Perine lived in a farmhouse (since demolished) on the south side of Homer Road just west of the Village limits. After Henry moved with his family to Missouri in the early 1870s, his property was purchased by W.J. Walker (1873 atlas) and later by Albert Braden (1894 atlas). Today half of Perine’s land would be the site of Albion Memory Gardens north of Irwin, with the remaining half continuing south to where Duncan’s property line began. Duncan would have to pass through Perine’s property in order to get to Irwin Avenue into town. It was at the end of the Civil War that some Perine family members moved to Albion from the Clarendon-Tekonsha area. Henry’s brother Jacob (1840-1942) later became Albion’s last surviving Civil War veteran.

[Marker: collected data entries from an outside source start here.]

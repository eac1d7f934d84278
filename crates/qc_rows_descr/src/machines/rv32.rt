//! RISC-V's instructions of 32 bits, and four more for input, output and the end of a run.

use super::{Format, Layout, Row, SpaceRow, Table};
use qc_terms::Order;

/// One token of 32 bits.
const TOKEN: &[u8] = &[32];

/// rd at 11..7, and a constant at 31..12.
const UPPER: Format = (TOKEN, &[(7, 5, 0, 0), (12, 20, 1, 0)]);

/// rd; the target's bit 20 at 31, 10..1 at 30..21, 11 at 20, and 19..12 at 19..12.
const JUMP: Format = (
    TOKEN,
    &[
        (7, 5, 0, 0),
        (31, 1, 1, 20),
        (21, 10, 1, 1),
        (20, 1, 1, 11),
        (12, 8, 1, 12),
    ],
);

/// rd, rs1 at 19..15, and a constant at 31..20.
const IMMEDIATE: Format = (TOKEN, &[(7, 5, 0, 0), (15, 5, 1, 0), (20, 12, 2, 0)]);

/// rs1, rs2 at 24..20; the target's bit 12 at 31, 10..5 at 30..25, 4..1 at 11..8, and 11 at 7.
const BRANCH: Format = (
    TOKEN,
    &[
        (15, 5, 0, 0),
        (20, 5, 1, 0),
        (31, 1, 2, 12),
        (25, 6, 2, 5),
        (8, 4, 2, 1),
        (7, 1, 2, 11),
    ],
);

/// rs1, rs2; the constant's bits 11..5 at 31..25, and 4..0 at 11..7.
const STORE: Format = (
    TOKEN,
    &[(15, 5, 0, 0), (20, 5, 1, 0), (25, 7, 2, 5), (7, 5, 2, 0)],
);

/// rd, rs1, and rs2 or the bits of a shift.
const THREE: Format = (TOKEN, &[(7, 5, 0, 0), (15, 5, 1, 0), (20, 5, 2, 0)]);

const SOURCE: Format = (TOKEN, &[(15, 5, 0, 0)]);

const DESTINATION: Format = (TOKEN, &[(7, 5, 0, 0)]);

/// A code at 27..20.
const CODE: Format = (TOKEN, &[(20, 8, 0, 0)]);

/// The instructions of both machines, but for those at the end.
const BASE: [Row; 36] = [
    (
        "lui",
        "rd: r, i: imm 20",
        0x00000037,
        UPPER,
        "rd := shl(zx 32 (i), 12'32)",
    ),
    (
        "jal",
        "rd: r, t: rel 21",
        0x0000006F,
        JUMP,
        "rd := after | pc := t",
    ),
    (
        "jalr",
        "rd: r, rs1: r, i: imm 12",
        0x00000067,
        IMMEDIATE,
        "rd := after | pc := and(add(rs1, sx 32 (i)), 4294967294'32)",
    ),
    (
        "beq",
        "rs1: r, rs2: r, t: rel 13",
        0x00000063,
        BRANCH,
        "when eq(rs1, rs2) => pc := t",
    ),
    (
        "bne",
        "rs1: r, rs2: r, t: rel 13",
        0x00001063,
        BRANCH,
        "when ne(rs1, rs2) => pc := t",
    ),
    (
        "blt",
        "rs1: r, rs2: r, t: rel 13",
        0x00004063,
        BRANCH,
        "when lt(rs1, rs2) => pc := t",
    ),
    (
        "bge",
        "rs1: r, rs2: r, t: rel 13",
        0x00005063,
        BRANCH,
        "when ge(rs1, rs2) => pc := t",
    ),
    (
        "bltu",
        "rs1: r, rs2: r, t: rel 13",
        0x00006063,
        BRANCH,
        "when ltu(rs1, rs2) => pc := t",
    ),
    (
        "bgeu",
        "rs1: r, rs2: r, t: rel 13",
        0x00007063,
        BRANCH,
        "when geu(rs1, rs2) => pc := t",
    ),
    (
        "lb",
        "rd: r, rs1: r, i: imm 12",
        0x00000003,
        IMMEDIATE,
        "rd := sx 32 (mem 8 [add(rs1, sx 32 (i))])",
    ),
    (
        "lh",
        "rd: r, rs1: r, i: imm 12",
        0x00001003,
        IMMEDIATE,
        "rd := sx 32 (mem 16 [add(rs1, sx 32 (i))])",
    ),
    (
        "lw",
        "rd: r, rs1: r, i: imm 12",
        0x00002003,
        IMMEDIATE,
        "rd := mem 32 [add(rs1, sx 32 (i))]",
    ),
    (
        "lbu",
        "rd: r, rs1: r, i: imm 12",
        0x00004003,
        IMMEDIATE,
        "rd := zx 32 (mem 8 [add(rs1, sx 32 (i))])",
    ),
    (
        "lhu",
        "rd: r, rs1: r, i: imm 12",
        0x00005003,
        IMMEDIATE,
        "rd := zx 32 (mem 16 [add(rs1, sx 32 (i))])",
    ),
    (
        "sb",
        "rs1: r, rs2: r, i: imm 12",
        0x00000023,
        STORE,
        "mem 8 [add(rs1, sx 32 (i))] := slice 0 8 (rs2)",
    ),
    (
        "sh",
        "rs1: r, rs2: r, i: imm 12",
        0x00001023,
        STORE,
        "mem 16 [add(rs1, sx 32 (i))] := slice 0 16 (rs2)",
    ),
    (
        "sw",
        "rs1: r, rs2: r, i: imm 12",
        0x00002023,
        STORE,
        "mem 32 [add(rs1, sx 32 (i))] := rs2",
    ),
    (
        "addi",
        "rd: r, rs1: r, i: imm 12",
        0x00000013,
        IMMEDIATE,
        "rd := add(rs1, sx 32 (i))",
    ),
    (
        "slti",
        "rd: r, rs1: r, i: imm 12",
        0x00002013,
        IMMEDIATE,
        "rd := zx 32 (lt(rs1, sx 32 (i)))",
    ),
    (
        "sltiu",
        "rd: r, rs1: r, i: imm 12",
        0x00003013,
        IMMEDIATE,
        "rd := zx 32 (ltu(rs1, sx 32 (i)))",
    ),
    (
        "xori",
        "rd: r, rs1: r, i: imm 12",
        0x00004013,
        IMMEDIATE,
        "rd := xor(rs1, sx 32 (i))",
    ),
    (
        "ori",
        "rd: r, rs1: r, i: imm 12",
        0x00006013,
        IMMEDIATE,
        "rd := or(rs1, sx 32 (i))",
    ),
    (
        "andi",
        "rd: r, rs1: r, i: imm 12",
        0x00007013,
        IMMEDIATE,
        "rd := and(rs1, sx 32 (i))",
    ),
    (
        "slli",
        "rd: r, rs1: r, s: imm 5",
        0x00001013,
        THREE,
        "rd := shl(rs1, zx 32 (s))",
    ),
    (
        "srli",
        "rd: r, rs1: r, s: imm 5",
        0x00005013,
        THREE,
        "rd := shrl(rs1, zx 32 (s))",
    ),
    (
        "srai",
        "rd: r, rs1: r, s: imm 5",
        0x40005013,
        THREE,
        "rd := shra(rs1, zx 32 (s))",
    ),
    (
        "add",
        "rd: r, rs1: r, rs2: r",
        0x00000033,
        THREE,
        "rd := add(rs1, rs2)",
    ),
    (
        "sub",
        "rd: r, rs1: r, rs2: r",
        0x40000033,
        THREE,
        "rd := sub(rs1, rs2)",
    ),
    (
        "sll",
        "rd: r, rs1: r, rs2: r",
        0x00001033,
        THREE,
        "rd := shl(rs1, rs2)",
    ),
    (
        "slt",
        "rd: r, rs1: r, rs2: r",
        0x00002033,
        THREE,
        "rd := zx 32 (lt(rs1, rs2))",
    ),
    (
        "sltu",
        "rd: r, rs1: r, rs2: r",
        0x00003033,
        THREE,
        "rd := zx 32 (ltu(rs1, rs2))",
    ),
    (
        "xor",
        "rd: r, rs1: r, rs2: r",
        0x00004033,
        THREE,
        "rd := xor(rs1, rs2)",
    ),
    (
        "srl",
        "rd: r, rs1: r, rs2: r",
        0x00005033,
        THREE,
        "rd := shrl(rs1, rs2)",
    ),
    (
        "sra",
        "rd: r, rs1: r, rs2: r",
        0x40005033,
        THREE,
        "rd := shra(rs1, rs2)",
    ),
    (
        "or",
        "rd: r, rs1: r, rs2: r",
        0x00006033,
        THREE,
        "rd := or(rs1, rs2)",
    ),
    (
        "and",
        "rd: r, rs1: r, rs2: r",
        0x00007033,
        THREE,
        "rd := and(rs1, rs2)",
    ),
];

/// Multiplication and division.
const MULTIPLICATION: [Row; 5] = [
    (
        "mul",
        "rd: r, rs1: r, rs2: r",
        0x02000033,
        THREE,
        "rd := mul(rs1, rs2)",
    ),
    (
        "div",
        "rd: r, rs1: r, rs2: r",
        0x02004033,
        THREE,
        "rd := quot(rs1, rs2)",
    ),
    (
        "divu",
        "rd: r, rs1: r, rs2: r",
        0x02005033,
        THREE,
        "rd := divu(rs1, rs2)",
    ),
    (
        "rem",
        "rd: r, rs1: r, rs2: r",
        0x02006033,
        THREE,
        "rd := rem(rs1, rs2)",
    ),
    (
        "remu",
        "rd: r, rs1: r, rs2: r",
        0x02007033,
        THREE,
        "rd := modu(rs1, rs2)",
    ),
];

/// Output, input and the two ways to end.
const ENDS: [Row; 4] = [
    ("op_out", "rs1: r", 0x0000000B, SOURCE, "out := rs1"),
    ("in", "rd: r", 0x0000100B, DESTINATION, "rd := input"),
    ("op_halt", "rs1: r", 0x0000200B, SOURCE, "halt := rs1"),
    ("op_trap", "c: imm 8", 0x0000300B, CODE, "trap := c"),
];

const LAYOUT: Layout = (
    (32, Order::Little, 2, 12),
    (Some((0, 0)), (0, 1), (0, 2)),
    (0, 5, 31),
    (0x100_0000, 0x8_0000, 0x80_0000),
);

const SPACES: [SpaceRow; 1] = [("r", 32, 32, false)];

pub(super) const RV32IM: Table = ("rv32im", &LAYOUT, &SPACES, &[&BASE, &MULTIPLICATION, &ENDS]);

pub(super) const RV32I: Table = ("rv32i", &LAYOUT, &SPACES, &[&BASE, &ENDS]);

An account of Mr. Perine’s discovery of Duncan’s body reads as such: “On Thursday last, a Mr. Perine was in his woods, which adjoin the hermit’s premises, and feeling cold he went to the hovel to warm. Seeing no tracks about the premises since the storm of Sunday, and hearing the cattle low, he mistrusted something was wrong, and looking through a hole by the door, saw the old man in a sitting position, covered with snow.”
“Being satisfied that he was dead, Mr. Perine communicated it to Esquire Williams, and a jury was summoned, who, together with Coroner O’Donoughue, visited the premises and found him frozen stiff. After examining the premises quite thoroughly, they brought him to the engine house and placed him in a large cauldron kettle of water. Friday afternoon an examination of the body and hovel showed that he had undoubtedly been sick, and he was badly burned, and becoming exhausted, fell into a stupor and froze to death. This is the substance of the jury’s verdict.”
Henry Perine and family moved back to Tekonsha around 1890, and he died there December 20, 1891. He had been suffering from blindness and other ailments for several years. From our Historical Notebook this week we present a photograph of Henry A. Perine, who discovered the body of David Duncan, also pictured here. How many of our readers have heard of the Albion Hermit?